Finished in 2.249 s (21.939 µs/read; 2.73 M reads/minute).
=== Summary ===
Total reads processed: 102,499
Reads with adapters: 55 (0.1%)
== Read fate breakdown ==
Reads that were too short: 0 (0.0%)
Reads written (passing filters): 102,499 (100.0%)
Total basepairs processed: 15,477,349 bp
Quality-trimmed: 0 bp (0.0%)
Total written (filtered): 15,477,180 bp (100.0%)
=== Adapter 1 ===
Sequence: GTGCCAGCMGCCGCGGTAA; Type: regular 5'; Length: 19; Trimmed: 55 times
Overview of removed sequences
length count expect max.err error counts
3 53 1601.5 0 53
5 2 100.1 0 2
Running external command line application. This may print messages to stdout and/or stderr.
The commands to be run are below. These commands cannot be manually re-run as they will depend on temporary files that no longer exist.
hi Daniel,
thanks so much for your help.
It looks like it would be better to do the phylogenetic taxonomy although at this point I am assigning just the taxonomy. I will look into doing the phylogenetic taxonomy next.
I tried using just the forward reads as you suggested but it didn't make a difference and the filter features are still resulting in an empty output.

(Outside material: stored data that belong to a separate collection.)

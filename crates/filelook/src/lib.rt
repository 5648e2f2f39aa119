// A quick look at an arc of a network file. Whatever is not plainly good is left to whoever looks closer.
//   quick_number    the number at a place, taken to have at most two groups
//   quick_arc       the place after an arc that is plainly good
#![tactic(auto)]

ghost use Rattle.std.specs.Prelude.{◌+◌, ◌≤◌, ◌<◌, length};
ghost use Rattle.rules.specs.File.{arc_at};
ghost use Rattle.filelook.specs.Looks.{NumberSeen, ArcSeen};

// The number at a place where two bytes stand, taken to have at most two groups, and the place after it. A second group
// goes down by one around 256, so that zero counts as 255: where it is zero, or says that another follows, the value
// comes out at 16,384 or above.
#[tactic(auto, using(crate::proofs::PlainLaws::plain_cases))]
fn quick_number(s: &[u8], at: usize) -> (usize, usize)
    requires { at + 1 < length s.now }
    ensures { NumberSeen result s.now at }
{
    let b = usize::from(s[at]);
    if b < 128 {
        return (b, at + 1);
    }
    let c = usize::from(s[at + 1]);
    (b + 128 * ((c + 255) % 256), at + 2)
}

// The place after the arc at a place, if four bytes stand there and they begin with a good one.
pub fn quick_arc(s: &[u8], at: usize, zones: usize) -> Option<usize>
    requires { zones ≤ 1024 }
    ensures { ArcSeen result (arc_at s.now zones at) }
{
    let size = s.len();
    if size < 4 || size - 4 < at {
        return None;
    }
    let (tail, mid) = quick_number(s, at);
    let (head, next) = quick_number(s, mid);
    if zones <= tail || zones <= head || tail == head {
        return None;
    }
    Some(next)
}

I experimented with a different --p-trunc-len 150 with DADA2 as well, but it didn't help.
The V4 representation in Greengenes2 2022.10 spans over 300,000 samples, representing over 20,000,000 ASVs and inclusive of the EMP / EMP500 sets among many other environmental sample sets. It would be unexpected for the data to not have reasonable representation, and concerning that there is no representation. I suspect there is a processing detail that we haven't isolated yet, and which we (i.e., the Greengenes2 team) need to better communicate
I was using DADA2 to truncate to 145 NT. I've now set it to 151 hoping it would make a difference as per fastqc output quality seemed ok up till 151. I only tried cutadapt after it was suggested but that didn't introduce the issue I have and the below is now without cutadapt and it's still empty. I used 145 as that's what I understood my lab was recommending but I might be misunderstanding.
This is what it looks like now i've set it to 151 - is this looking better? I had tried previously with 150 as you mentioned having ASVs with 150 length.
Something is odd as you were able to search the database, and the content of the website is a reflection of the files on the FTP. Could you share the 150nt FeatureData[Sequence] artifact?